On behalf of my co-authors, I am happy to announce our recent publication in*
Current Biology*:

*A drastic shift in the energetic landscape of toothed whale sperm cells*

Luís Q. Alves, Raquel Ruivo,Raul Valente, Miguel M. Fonseca, Andre M.
Machado, Stephanie Plön, Nuno Monteiro, David García-Parraga,Sara Ruiz-Díaz,
 Maria J. Sánchez-Calabuig, Alfonso Gutierrez-Adán and L. Filipe C. Castro

Current Biology (2021), https:// doi.org/10.1016/j.cub.2021.05.062


Mammalian spermatozoa are a notable example of metabolic
compartmentalization.  Energy in the form of ATP production, vital for
motility, capacitation, and fertilization, is subcellularly separated in
sperm cells. While glycolysis provides a local, rapid, and low-yielding
input of ATP along the flagellum fibrous sheath, oxidative phosphorylation
(OXPHOS), far more efficient over a longer time frame, is concentrated in
the midpiece mitochondria. The relative weight of glycolysis and OXPHOS
pathways in sperm function is variable among species and sensitive to
oxygen and substrate availability. Besides partitioning energy
production, sperm
cell energetics display an additional singularity: the occurrence of
sperm-specific gene duplicates and

alternative spliced variants, with conserved function but structurally
bound to the flagellar fibrous sheath. The wider selective forces driving
the compartmentalization and adaptability of this energy system in mammalian
species remain largely unknown, much like the impact of ecosystem resource
availability (e.g., carbohydrates, fatty acids, and proteins) and dietary
adaptations in reproductive physiology traits. Here, we investigated the
Cetacea, an iconic group of fully aquatic and carnivorous marine mammals,
evolutionarily related to extant terrestrial herbivores.
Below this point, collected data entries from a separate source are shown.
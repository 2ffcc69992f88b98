//! Laws of packetizers and depacketizers of any codec. Each is the contract of a function without a
//! result.

ghost use Rattle.std.specs.Prelude.{Bool};
ghost use Rattle.h26x_model.specs.Payload.Facts.{IsPayloadFormat};
ghost use Rattle.h26x_model.specs.Send.PacketizerState.{IsPacketizerState};
ghost use Rattle.h26x_codec.specs.Codec.{codec_format};
ghost use Rattle.h26x_transmission.specs.CodecStates.{OfPacketizer, OfDepacketizer};
ghost use Rattle.h26x_transmission.specs.Repeating.{SendsAgainAlike};
ghost use Rattle.h26x_transmission.specs.Transmissions.{DetectsKeyUnits};

use crate::depacketizer::CodecDepacketizer;
use crate::packetizer::CodecPacketizer;
use h26x_codec::Codec;
use h26x_codec::formats::formats_meet_the_facts;
use h26x_packetizer::packetizer_states as payload_packetizer_states;

/// At most one set of each kind waits for a packetizer of a codec, its next decoding order number
/// and its largest packet size are of two bytes, and its format meets the facts on which the laws of
/// every format stand. Nothing is said of a packetizer in a box.
pub fn packetizer_states(packetizer: &CodecPacketizer)
    ensures state { OfPacketizer packetizer.now (λ s. IsPacketizerState s) }
    ensures format { OfPacketizer packetizer.now (λ s. IsPayloadFormat s.format) }
{
    match packetizer {
        CodecPacketizer::H264(it) => {
            payload_packetizer_states(it);
            h264_payload::laws::meets_the_facts();
        }
        CodecPacketizer::H265(it) => {
            payload_packetizer_states(it);
            h265_payload::laws::either_header_is_of_the_format();
        }
        CodecPacketizer::H266(it) => {
            payload_packetizer_states(it);
            h266_payload::laws::meets_the_facts();
        }
        CodecPacketizer::Boxed(_) => {}
    }
}

/// The format of a depacketizer of a codec meets the facts on which the laws of every format stand.
/// Nothing is said of a depacketizer in a box.
pub fn depacketizer_states(depacketizer: &CodecDepacketizer)
    ensures { OfDepacketizer depacketizer.now (λ s. IsPayloadFormat s.format) }
{
    match depacketizer {
        CodecDepacketizer::H264(_) => h264_payload::laws::meets_the_facts(),
        CodecDepacketizer::H265(_) => h265_payload::laws::meets_the_facts(),
        CodecDepacketizer::H266(_) => h266_payload::laws::meets_the_facts(),
        CodecDepacketizer::Boxed(_) => {}
    }
}

/// What was sent at one limit, with nothing dropped for its size, is sent again.
pub fn what_was_sent_is_sent_again()
    ensures { (codec : Codec) (has_donl : Bool) → SendsAgainAlike (codec_format codec has_donl) }
{
    h26x_model::laws::what_was_sent_is_sent_again();
}

/// Of what calls send, whichever sets wait and whatever the next decoding order number is, the packet
/// or the first fragment of each key unit is detected, and no other packet but aggregates that bear
/// numbers.
pub fn key_units_are_detected()
    ensures { (codec : Codec) (has_donl : Bool) → DetectsKeyUnits (codec_format codec has_donl) }
{
    formats_meet_the_facts();
    h26x_model::laws::what_calls_send_is_in_order_and_detected();
}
In this lineage,
episodes of profound trait remodeling have been accompanied by clear
genomic signatures. We show that toothed whales exhibit impaired sperm

due to gene and exon erosion, and demonstrate that dolphin spermatozoa
motility depends on endogenous fatty acid b-oxidation, but not
carbohydrates. Such unique energetic rewiring substantiates the observation of
large mitochondria in toothed whale spermatozoa and emphasizes the radical
physiological reorganization imposed by the transition to a
carbohydrate-depleted marine environment.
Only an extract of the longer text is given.